Before oversampling, and assuming that the balanced accuracy score is normally distribued we can be 95% confident that the balanced accuracy on new data is 56.5±0.62. Indeed, this agrees a lot with the original point estimate.

After Oversampling

At first glance, this seems really nontrivial since resampling will have to be performed before training the model on each fold during cross-validation. Thankfully, the MLJBalancing helps us avoid doing this manually by offering BalancedModel where we can wrap any MLJ classification model with an arbitrary number of Imbalance.jl resamplers in a pipeline that behaves like a single MLJ model.

In this, we must construct the resampling model via it's MLJ interface then pass it along with the classification model to BalancedModel.

# 2. Instantiate the models
oversampler = Imbalance.MLJ.SMOTENC(k=3, ratios=Dict(1=>0.9), rng=42)

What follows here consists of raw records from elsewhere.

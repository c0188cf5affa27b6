//! IOAM trace types and the elements that nodes record (RFC 9197 section 4.4).
#![tactic(auto)]

pub mod bit;
mod buffer;
mod cursor;
mod exported;
mod held;
mod kind;
mod namespace;
pub mod option_type;
mod reading;
mod recording;
mod size;
mod units;
mod view;
mod writer;

pub use buffer::ElementBuf;
pub use cursor::Cursor;
pub use exported::{MOST_EXPORTED, put_exported};
pub use held::Fields;
pub use kind::TraceType;
pub use namespace::Namespace;
pub use option_type::OptionType;
pub use reading::fields;
pub use recording::element;
pub use size::split;
pub use view::View;
pub use writer::{element_words, narrow_face, narrow_id, put_element};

# 2.1 Wrap them in one model
balanced_model = BalancedModel(model=model, balancer1=oversampler)

# 3. Wrap it with the data in a machine
mach_over = machine(balanced_model, X_train, y_train, scitype_check_level=0)

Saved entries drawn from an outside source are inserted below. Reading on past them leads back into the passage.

//! The fields of an element, read.
ghost use Rattle.std.specs.Prelude.{◌≡◌, ℕ, ◌-◌, ◌*◌, ◌≤◌, length, drop};
ghost use Rattle.ioam_data.specs.Elements.{IsElement};
ghost use Rattle.ioam_data.specs.Fields.{fields_of, held, when_has, snapshot_at};
ghost use Rattle.ioam_data.specs.Shown.{ReadsBack};
ghost use Rattle.ioam_data.specs.Whole.{held_octets};
ghost use Rattle.ioam_data.specs.View.{snapshot_data};
ghost use Rattle.ioam_data.specs.Kind.{words, where_has};

use crate::bit;
use crate::cursor::Cursor;
use crate::held::Fields;
use crate::kind::TraceType;
use crate::units::OVER_24;
use ioam_base::octets::u32_at;

// The snapshot at the front of the octets, where the type has bit 22.
fn snapshot(kind: TraceType, octets: &[u8]) -> Option<(u32, &[u8])>
    requires { 4 * where_has kind 22 1 ≤ length octets.now }
    ensures { snapshot_data result ≡ when_has kind 22 (snapshot_at octets.now) }
{
    if !kind.has_snapshot() {
        return None;
    }
    Some((u32_at(octets, 0) % OVER_24, &octets[4..]))
}

// The fields of an element, by the rules alone.
#[tactic(auto, unfolding(crate::specs::Kind::words, crate::specs::Table::table, crate::specs::Fields::fields_of))]
fn read_fields(kind: TraceType, node_len: u8, octets: &[u8]) -> Fields<'_>
    requires { IsElement kind node_len octets.now }
    ensures { held result ≡ fields_of kind node_len octets.now }
{
    let words = kind.words();
    let mut cursor = Cursor { kind, rest: octets };
    let hop_node = cursor.hop_node(bit::HOP_NODE);
    let faces = cursor.faces(bit::INTERFACES);
    let seconds = cursor.number(bit::SECONDS);
    let fraction = cursor.number(bit::FRACTION);
    let delay = cursor.number(bit::DELAY);
    let short = cursor.number(bit::SHORT_DATA);
    let queue = cursor.number(bit::QUEUE);
    let check = cursor.number(bit::CHECKSUM);
    let wide_hop_node = cursor.wide_hop_node(bit::WIDE_HOP_NODE);
    let wide_faces = cursor.wide_faces(bit::WIDE_INTERFACES);
    let wide = cursor.wide(bit::WIDE_DATA);
    let buffer = cursor.number(bit::BUFFER);
    let (fill, rest) = cursor.rest.split_at(4 * usize::from(node_len - words));
    Fields {
        hop_node,
        faces,
        seconds,
        fraction,
        delay,
        short,
        queue,
        check,
        wide_hop_node,
        wide_faces,
        wide,
        buffer,
        fill,
        snapshot: snapshot(kind, rest),
    }
}

/// The fields of an element, whole: octets of which [`split`](crate::split) gives the length. Fields
/// are read as they stand: all ones are not told apart.
pub fn fields(kind: TraceType, node_len: u8, octets: &[u8]) -> Fields<'_>
    requires { IsElement kind node_len octets.now }
    ensures value { held result ≡ fields_of kind node_len octets.now }
    // Nothing of the element is lost: its octets are those of the fields.
    ensures whole { octets.now ≡ held_octets (held result) }
    // What `element` wrote for a view is read as that view shows.
    ensures back { ReadsBack kind node_len octets.now (held result) }
{
    read_fields(kind, node_len, octets)
}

# 4. fit the machine learning model
fit!(mach_over, verbosity=0)
trained Machine; does not cache data
  model: BalancedModelProbabilistic(model = DecisionTreeClassifier(max_depth = 4, …), …)
  args: 
    1:	Source @967 ⏎ Table{Union{AbstractVector{Continuous}, AbstractVector{Multiclass{3}}, AbstractVector{Multiclass{2}}, AbstractVector{OrderedFactor{460}}, AbstractVector{OrderedFactor{70}}, AbstractVector{OrderedFactor{11}}, AbstractVector{OrderedFactor{4}}}}
    2:	Source @394 ⏎ AbstractVector{Multiclass{2}}

We can easily confirm that this is equivalent to what we had earlier

predict_mode(mach_over, X_test) == y_pred_over
true

Now let's cross-validate

cv=CV(nfolds=10)
evaluate!(mach_over, resampling=cv, measure=balanced_accuracy) 
Evaluating over 10 folds: 100%[=========================] Time: 0:07:24



PerformanceEvaluation object with these fields:
  model, measure, operation, measurement, per_fold,
  per_observation, fitted_params_per_fold,
  report_per_fold, train_test_rows, resampling, repeats
Extract:
┌─────────────────────┬──────────────┬─────────────┬─────────┬──────────────────
│ measure             │ operation    │ measurement │ 1.96*SE │ per_fold        ⋯
├─────────────────────┼──────────────┼─────────────┼─────────┼──────────────────
│ BalancedAccuracy(   │ predict_mode │ 0.677       │ 0.0124  │ [0.678, 0.688,  ⋯
│   adjusted = false) │              │             │         │                 ⋯
└─────────────────────┴──────────────┴─────────────┴─────────┴──────────────────
                                                                1 column omitted

Fair enough. After oversampling the interval under the same assumptions is 67.7±1.2% which is still a meaningful improvement over 56.5±0.62 that we had prior to oversampling ot the 55.2±1.5% that we had with logistic regression and SMOTE in an earlier example.